I was watching a press conference the other day by Dr. Ann Schuchat, the CDC Immunization Director. She had a very well-constructed report addressing the plans for mass immunization in a tiered way so that the ones at most risk would receive their vaccinations first. She was very candid about flu deaths to the present, and the intricacies of combating the epidemic, or more correctly, the pandemic of novel H1N1 (Swine Flu, as it is often known.) What impressed me a lot was the presence of major news reporting organizations: AP, UPI. Atlanta Journal, Washington Post, ABC, and USA Today. They all asked excellent questions and received excellent answers. The conference lasted about 35 minutes, and if every person could tune in to these informative events or rely on major reporting presentations, there would be a lot less misinformation out there.
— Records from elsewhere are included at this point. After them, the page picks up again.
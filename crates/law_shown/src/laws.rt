//! The laws. `specs/` of `spec_shown` and `spec_views` have the words that they use.
ghost use Rattle.std.specs.Prelude.{◌≡◌, ℕ, ◌<◌, ◌≤◌, List, [], Ok, false};
ghost use Rattle.ras_syntax.specs.declared.statement.Statement.{Statement};
ghost use Rattle.ras_syntax.specs.declared.types.SetType.{SetType};
ghost use Rattle.ras_syntax.specs.declared.typed.Checked.{Checked};
ghost use Rattle.spec_expressions.specs.Database.{Database};
ghost use Rattle.spec_shown.specs.Shown.{IsPartOf};
ghost use Rattle.spec_shown.specs.Standing.{IsShown};
ghost use Rattle.spec_statements.specs.Effects.{reply_of_checked};
ghost use Rattle.spec_statements.specs.Machine.{checked_over, first_list, is_too_long, needs_of, reply_of};
ghost use Rattle.spec_statements.specs.Phases.{needs_2, needs_3, needs_4};
ghost use Rattle.spec_statements.specs.ReachLaw.{IsSetting};
ghost use Rattle.spec_statements.specs.Statement.{statement_tree_of};
ghost use Rattle.spec_views.specs.Holdings.{Holdings, IsSeenBy, passing_by};
ghost use Rattle.spec_views.specs.Writings.{written_by};

/// What holdings show of a statement's rows is a database of its own, for which the holdings stand too.
/// It is one of those that they may stand for, with all that isn't held made up.
pub fn holdings_show_a_database()
    ensures { (types : List SetType) (statement : Statement) (holdings : Holdings) (one : Database) (checked : Checked) (phase : ℕ)
        → IsSetting types statement one → is_too_long (first_list statement) ≡ false
        → checked_over types statement one ≡ Ok checked
        → 2 ≤ phase → IsSeenBy types holdings statement phase one → IsPartOf types holdings one
        → (shown : Database) × IsShown types statement holdings checked phase shown }
{}

/// The check of the statement over each other database for which they stand is the same.
pub fn shown_check()
    ensures { (types : List SetType) (statement : Statement) (holdings : Holdings) (checked : Checked) (phase : ℕ)
        (shown other : Database) → is_too_long (first_list statement) ≡ false → 2 ≤ phase
        → IsShown types statement holdings checked phase shown → IsSeenBy types holdings statement phase other
        → checked_over types statement other ≡ Ok checked }
{}

/// Each other database for which they stand has the same list of the next phase; by the phase, it is the
/// list that the checked statement needs over what is shown.
pub fn shown_lists()
    ensures needs { (types : List SetType) (statement : Statement) (holdings : Holdings) (checked : Checked) (phase : ℕ)
        (shown other : Database) → IsShown types statement holdings checked phase shown
        → IsSeenBy types holdings statement phase other
        → needs_of types statement phase other ≡ needs_of types statement phase shown }
    ensures second { (types : List SetType) (statement : Statement) (holdings : Holdings) (checked : Checked)
        (shown other : Database) → is_too_long (first_list statement) ≡ false
        → IsShown types statement holdings checked 2 shown → IsSeenBy types holdings statement 2 other
        → needs_of types statement 2 other ≡ needs_2 (statement_tree_of checked) shown }
    ensures third { (types : List SetType) (statement : Statement) (holdings : Holdings) (checked : Checked)
        (shown other : Database) → is_too_long (first_list statement) ≡ false
        → IsShown types statement holdings checked 3 shown → IsSeenBy types holdings statement 3 other
        → needs_of types statement 3 other ≡ needs_3 (statement_tree_of checked) shown }
    ensures fourth { (types : List SetType) (statement : Statement) (holdings : Holdings) (checked : Checked)
        (shown other : Database) → is_too_long (first_list statement) ≡ false
        → IsShown types statement holdings checked 4 shown → IsSeenBy types holdings statement 4 other
        → needs_of types statement 4 other ≡ needs_4 (statement_tree_of checked) shown }
{}

/// The same rows pass over it, by their numbers and identifiers, or the same fault comes before.
pub fn shown_passing()
    ensures { (types : List SetType) (statement : Statement) (holdings : Holdings) (checked : Checked)
        (shown other : Database) → is_too_long (first_list statement) ≡ false
        → IsShown types statement holdings checked 4 shown → IsSeenBy types holdings statement 4 other
        → passing_by (statement_tree_of checked) other ≡ passing_by (statement_tree_of checked) shown }
{}

/// The statement writes the same, or ends with the same reply before it writes.
pub fn shown_writings()
    ensures { (types : List SetType) (statement : Statement) (holdings : Holdings) (checked : Checked)
        (shown other : Database) → is_too_long (first_list statement) ≡ false
        → IsShown types statement holdings checked 5 shown → IsSeenBy types holdings statement 5 other
        → written_by (statement_tree_of checked) other ≡ written_by (statement_tree_of checked) shown }
{}

/// It has the same reply, the one of the checked statement over what is shown. Where no later phase asks
/// for locks, that is known as soon as this is.
pub fn shown_answers()
    ensures answers { (types : List SetType) (statement : Statement) (holdings : Holdings) (checked : Checked)
        (shown other : Database) → is_too_long (first_list statement) ≡ false
        → IsShown types statement holdings checked 5 shown → IsSeenBy types holdings statement 5 other
        → reply_of types statement other ≡ reply_of_checked (statement_tree_of checked) shown }
    ensures early { (types : List SetType) (statement : Statement) (holdings : Holdings) (checked : Checked) (phase : ℕ)
        (shown other : Database) → is_too_long (first_list statement) ≡ false
        → IsShown types statement holdings checked phase shown → IsSeenBy types holdings statement phase other
        → ((later : ℕ) → phase ≤ later → later < 5 → needs_of types statement later shown ≡ [])
        → reply_of types statement other ≡ reply_of_checked (statement_tree_of checked) shown }
{}
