//! Worked expressions: what the definitions give, by computing. Each law is the contract of a
//! function that does nothing. Above a row, or above rows of one text, stands the text; a and b are
//! the first and the second iterator.
ghost use Rattle.std.specs.Prelude.{◌≡◌, pos, negsuc, [], ◌∷◌, codes, Ok, Err, false, true};
ghost use Rattle.ras_cells.specs.declared.atom.Atom.TheVariants as atoms;
ghost use Rattle.ras_cells.specs.declared.cell.Cell.TheVariants.{Null, Value};
ghost use Rattle.ras_cells.specs.declared.cell.CellFault.TheVariants.{Overflow, DivideByZero, CastRange, IndexOut};
ghost use Rattle.ras_cells.specs.declared.numbers.Op2.TheVariants as two;
ghost use Rattle.ras_syntax.specs.declared.expr.CellsFold.TheVariants as folds;
ghost use Rattle.ras_syntax.specs.declared.expr.FoldOp.TheVariants as sums;
ghost use Rattle.ras_syntax.specs.declared.faults.ShapeFault.TheVariants.{Outside, DomainsDiffer, ExtentsDiffer, EmptyDomain, BoundOut, ArrayTooLarge};
ghost use Rattle.spec_expressions.specs.Eval.{cells_of};
ghost use Rattle.spec_expressions.specs.Shape.{shape_of, array, scalar, box};
ghost use Rattle.spec_expressions.specs.Tree.{node, truth, number, iterator, coordinate, unary, cast, binary, index, at_point, component, choice, composite, marray, condense, folded, shift, extend, concat, domain_of, bound_of, oid, lower, upper, no_trees, trees, no_pairs, pairs, no_axes, position, trim, own, edge, bounds, domain_like, always, only_where};
ghost use Rattle.spec_expressions.specs.Worked.{axis, square, line_box, over_G, over_N, over_R, term, a, n, minus, op, p, trimmed, from_to, numbers, naturals, somewhere, wide_kind, nothing, line_of, pair_of_chars, one_and_two, rgb_line};
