/// How many stand directly in all definitions.
fn all_counts(definitions: &[Definition]) -> (usize, usize) {
    let mut fields: usize = 0;
    let mut payloads: usize = 0;
    for definition in definitions {
        let more = counts(definition);
        fields = fields.saturating_add(more.0);
        payloads = payloads.saturating_add(more.1);
    }
    (fields, payloads)
}

impl PartsTable {
    /// Nothing, with room for what stands in a package.
    pub(crate) fn with_room(alloc: Global, resolve: &Resolve) -> Result<PartsTable, LayoutError>
        ensures ok { IfOk result (λ t. t ≡ []) }
        ensures err { IfErr result (λ e. e ≡ LayoutError.NoMemory) }
    {
        let definitions = resolve.definitions.as_slice();
        let (fields, payloads) = all_counts(definitions);
        Ok(PartsTable {
            heads: Vec::with_capacity(alloc, definitions.len())?,
            fields: Vec::with_capacity(alloc, fields)?,
            payloads: Vec::with_capacity(alloc, payloads)?,
        })
    }

    /// What a type stands for in the end.
    #[inline]
    pub(crate) fn final_type(&self, ty: ValType) -> ValType
        requires { IsTrue (is_below (length self.now) ty) }
        ensures { result ≡ final_type self.now ty }
    {
        match ty {
            ValType::Id(id) => match &self.heads[id.0 as usize] {
                Head::Same(end) => *end,
                _ => ty,
            },
            _ => ty,
        }
    }

    /// The shape of the type at this place, which is no name.
    #[inline]
    pub(crate) fn shape(&self, place: usize) -> Shape
        requires within { place < length self.now }
        requires end { IsTrue (is_no_name (standing self.now place)) }
        ensures { result ≡ shape_by (standing self.now place) }
    {
        match &self.heads[place] {
            Head::Same(_) => unreachable!(),
            Head::List(element) => Shape::List(*element),
            Head::Record(_, count) => Shape::Record(*count),
            Head::Variant(_, _, count) => Shape::Variant(*count),
            Head::Flags(labels) => Shape::Flags(*labels),
        }
    }

    /// A field of the type at this place, with its place in bytes; None where the type has no such field.
    #[inline]
    pub(crate) fn field(&self, place: usize, index: usize) -> Option<FieldInfo>
        requires { place < length self.now }
        ensures { result ≡ field_info_by (standing self.now place) index }
    {
        match &self.heads[place] {
            Head::Record(first, count) if index < *count => Some(self.fields[*first + index]),
            _ => None,
        }
    }

    /// A case of the type at this place; None where the type has no such case.
    #[inline]
    pub(crate) fn case(&self, place: usize, index: usize) -> Option<CaseInfo>
        requires { place < length self.now }
        ensures { result ≡ case_info_by (standing self.now place) index }
    {
        match &self.heads[place] {
            Head::Variant(offset, first, count) if index < *count => Some(CaseInfo {
                place: *offset,
                payload: self.payloads[*first + index],
            }),
            _ => None,
        }
    }

    /// Lays out the members of a record, a tuple or a function, whose depth is at most `most`.
    fn lay_members<M: Member>(
        &mut self,
        rows: &mut Vec<Row>,
        members: &[M],
        most: u32,
        steps: &mut Steps,
    ) -> Result<(), LayoutError>
        requires below { All (λ m. IsTrue (is_below (length rows.old.items) (M.type_of m))) members.now }
        requires sound { All IsSound rows.old.items }
        requires most { most ≤ 65 }
        ensures row { IfOk result (λ _. rows.new.items
            ≡ rows.old.items ++ record_row (rows_at rows.old.items M.type_of members.now) ∷ []) }
        ensures parts { IfOk result (λ _. self.new
            ≡ self.old ++ record_parts (extent_at rows.old.items) (map M.type_of members.now) ∷ []) }
        ensures sound { IfOk result (λ _. IsSound (record_row (rows_at rows.old.items M.type_of members.now))) }
        ensures depth { IfOk result (λ _. (record_row (rows_at rows.old.items M.type_of members.now)).depth ≤ most) }
        ensures steps { IfOk result (λ _. steps.new.count ≡ saturated (steps.old.count + length members.now)) }
        ensures err { IfErr result (λ e. RefusesDeeper most e
            (record_row (rows_at rows.old.items M.type_of members.now))) }
    {
        let first = self.fields.len();
        record_row(&mut self.fields, rows, members, most, steps)?;
        self.heads.push(Head::Record(first, members.len()))?;
        Ok(())
    }

    /// Lays out a variant, an enum, an option or a result.
    #[inline(always)]
    fn lay_variant<C: Choice>(
        &mut self,
        rows: &mut Vec<Row>,
        cases: &[C],
        steps: &mut Steps,
    ) -> Result<(), LayoutError>
        requires below { All (λ c. IsTrue (option_below (length rows.old.items) (C.payload_of c))) cases.now }
        requires sound { All IsSound rows.old.items }
        ensures row { IfOk result (λ _. rows.new.items
            ≡ rows.old.items ++ variant_row (choices_at rows.old.items C.payload_of cases.now) ∷ []) }
        ensures parts { IfOk result (λ _. self.new
            ≡ self.old ++ variant_parts (extent_at rows.old.items) (map C.payload_of cases.now) ∷ []) }
        ensures sound { IfOk result (λ _. IsSound (variant_row (choices_at rows.old.items C.payload_of cases.now))) }
        ensures within { IfOk result (λ _. IsLimitedRow
            (variant_row (choices_at rows.old.items C.payload_of cases.now))) }
        ensures steps { IfOk result (λ _. steps.new.count
            ≡ saturated (steps.old.count + length (payloads (choices_at rows.old.items C.payload_of cases.now)))) }
        ensures err { IfErr result (λ e. RefusesRow e
            (variant_row (choices_at rows.old.items C.payload_of cases.now))) }
    {
        let first = self.payloads.len();
        let payload = variant_row(&mut self.payloads, rows, cases, steps)?;
        self.heads.push(Head::Variant(payload, first, cases.len()))?;
        Ok(())
    }

    /// A used name or a new name.
    fn lay_name(
        &mut self,
        rows: &mut Vec<Row>,
        target: ValType,
        steps: &mut Steps,
    ) -> Result<(), LayoutError>
        requires below { IsTrue (is_below (length rows.old.items) target) }
        requires same { length self.old ≡ length rows.old.items }
        requires sound { All IsSound rows.old.items }
        ensures row { IfOk result (λ _. rows.new.items ≡ rows.old.items ++ row_in rows.old.items target ∷ []) }
        ensures parts { IfOk result (λ _. self.new ≡ self.old ++ parts.Same (final_type self.old target) ∷ []) }
        ensures sound { IfOk result (λ _. IsSound (row_in rows.old.items target)) }
        ensures within { IfOk result (λ _. IsLimitedRow (row_in rows.old.items target)) }
        ensures steps { steps.new.count ≡ saturated (steps.old.count + 1) }
        ensures err { IfErr result (λ e. RefusesRow e (row_in rows.old.items target)) }
    {
        steps.take_one();
        let row = row_in(rows.as_slice(), target);
        limited(&row)?;
        rows.push(row)?;
        let end = self.final_type(target);
        self.heads.push(Head::Same(end))?;
        Ok(())
    }

    /// A list of these elements.
    fn lay_list(
        &mut self,
        rows: &mut Vec<Row>,
        element: ValType,
        steps: &mut Steps,
    ) -> Result<(), LayoutError>
        requires below { IsTrue (is_below (length rows.old.items) element) }
        requires sound { All IsSound rows.old.items }
        ensures row { IfOk result (λ _. rows.new.items
            ≡ rows.old.items ++ list_row (row_in rows.old.items element) ∷ []) }
        ensures parts { IfOk result (λ _. self.new ≡ self.old ++ parts.List element ∷ []) }
        ensures sound { IfOk result (λ _. IsSound (list_row (row_in rows.old.items element))) }
        ensures within { IfOk result (λ _. IsLimitedRow (list_row (row_in rows.old.items element))) }
        ensures steps { steps.new.count ≡ saturated (steps.old.count + 1) }
        ensures err { IfErr result (λ e. RefusesRow e (list_row (row_in rows.old.items element))) }
    {
        let row = block_row(deeper(look(rows.as_slice(), element, steps).depth));
        limited(&row)?;
        rows.push(row)?;
        self.heads.push(Head::List(element))?;
        Ok(())
    }

    /// Flags of so many labels.
    fn lay_flags(&mut self, rows: &mut Vec<Row>, labels: usize) -> Result<(), LayoutError>
        ensures row { IfOk result (λ _. rows.new.items ≡ rows.old.items ++ row_of (flags_type labels) ∷ []) }
        ensures parts { IfOk result (λ _. self.new ≡ self.old ++ parts.Flags labels ∷ []) }
        ensures err { IfErr result (λ e. e ≡ LayoutError.NoMemory) }
    {
        rows.push(flags_row(labels))?;
        self.heads.push(Head::Flags(labels))?;
        Ok(())
    }

    /// A type.
    fn lay_kind(
        &mut self,
        rows: &mut Vec<Row>,
        kind: &TypeDefKind,
        steps: &mut Steps,
    ) -> Result<(), LayoutError>
        requires below { IsTrue (kind_below (length rows.old.items) kind.now) }
        requires same { length self.old ≡ length rows.old.items }
        requires sound { All IsSound rows.old.items }
        ensures row { IfOk result (λ _. rows.new.items ≡ rows.old.items ++ kind_row rows.old.items kind.now ∷ []) }
        ensures parts { IfOk result (λ _. self.new
            ≡ self.old ++ kind_parts (extent_at rows.old.items) self.old kind.now ∷ []) }
        ensures sound { IfOk result (λ _. IsSound (kind_row rows.old.items kind.now)) }
        ensures within { IfOk result (λ _. IsLimitedRow (kind_row rows.old.items kind.now)) }
        ensures steps { IfOk result (λ _. steps.new.count ≡ saturated (steps.old.count + direct_types kind.now)) }
        ensures err { IfErr result (λ e. RefusesRow e (kind_row rows.old.items kind.now)) }
    {
        match kind {
            TypeDefKind::Use(target) => self.lay_name(rows, ValType::Id(*target), steps),
            TypeDefKind::Alias(target) => self.lay_name(rows, *target, steps),
            TypeDefKind::List(element) => self.lay_list(rows, *element, steps),
            TypeDefKind::Option(payload) => self.lay_variant(rows, &[None, Some(*payload)], steps),
            TypeDefKind::Result(ok, error) => self.lay_variant(rows, &[*ok, *error], steps),
            TypeDefKind::Tuple(types) => self.lay_members(rows, types.as_slice(), MAX_DEPTH, steps),
            TypeDefKind::Record(fields) => self.lay_members(
                rows,
                fields.as_slice(),
                MAX_DEPTH,
                steps,
            ),
            TypeDefKind::Variant(cases) => self.lay_variant(rows, cases.as_slice(), steps),
            TypeDefKind::Enum(names) => self.lay_variant(rows, names.as_slice(), steps),
            TypeDefKind::Flags(labels) => self.lay_flags(rows, labels.len()),
        }
    }

    /// Lays out a definition: puts its row and what stands in it behind those before it. A function is laid out as the
    /// record of its parameters.
    pub(crate) fn lay_definition(
        &mut self,
        rows: &mut Vec<Row>,
        definition: &Definition,
        steps: &mut Steps,
    ) -> Result<(), LayoutError>
        requires below { IsTrue (definition_below (length rows.old.items) definition.now) }
        requires same { length self.old ≡ length rows.old.items }
        requires sound { All IsSound rows.old.items }
        ensures row { IfOk result (λ _. rows.new.items
            ≡ rows.old.items ++ definition_row rows.old.items definition.now ∷ []) }
        ensures parts { IfOk result (λ _. self.new
            ≡ self.old ++ definition_parts (extent_at rows.old.items) self.old definition.now ∷ []) }
        ensures sound { IfOk result (λ _. IsSound (definition_row rows.old.items definition.now)) }
        ensures within { IfOk result (λ _. IsLimitedDefinition definition.now
            (definition_row rows.old.items definition.now)) }
        ensures steps { IfOk result (λ _. steps.new.count
            ≡ saturated (steps.old.count + (1 + laid_in definition.now))) }
        ensures err { IfErr result (λ e. RefusesDefinition e definition.now
            (definition_row rows.old.items definition.now)) }
    {
        steps.take_one();
        match definition {
            Definition::Type(definition) => self.lay_kind(rows, &definition.kind, steps),
            Definition::Function(function) => {
                self.lay_members(rows, function.params.as_slice(), MAX_DEPTH + 1, steps)
            }
        }
    }
}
Here is the discussion of the 2009 flu in a nutshell:

1.) Get your seasonal flu vaccination, either shot or nasal spray;
2.) Get your Novel H1N1 (Swine Flu) vaccination when it is available;
3.) If you are pregnant or have chronic illness be sure to get both;
4.) Be sure kids are vaccinated;
5.) If you have severe flu or a relapse–see your doctor;
6.) If you have the warning signs of severe illness– see your doctor;
7.) Wear a mask if you are sick or severely immune deficient;
8.) It takes about a week to get over the flu. Do not return to work or school until you have been fever-free for at least 48 hours; drink plenty of fluids, take Tylenol or Motrin for fever, and bedrest as much as possible. Do not give other over-the-counter medicines to young children without consulting a doctor; do not give aspirin for fever as it may lead to Reye’s Syndrome;
9.) Learn as much as you can about the Flu from reliable sources;
10) There are no magical Flu preventatives or treatments out there–Rely on science and a physician to get through this time.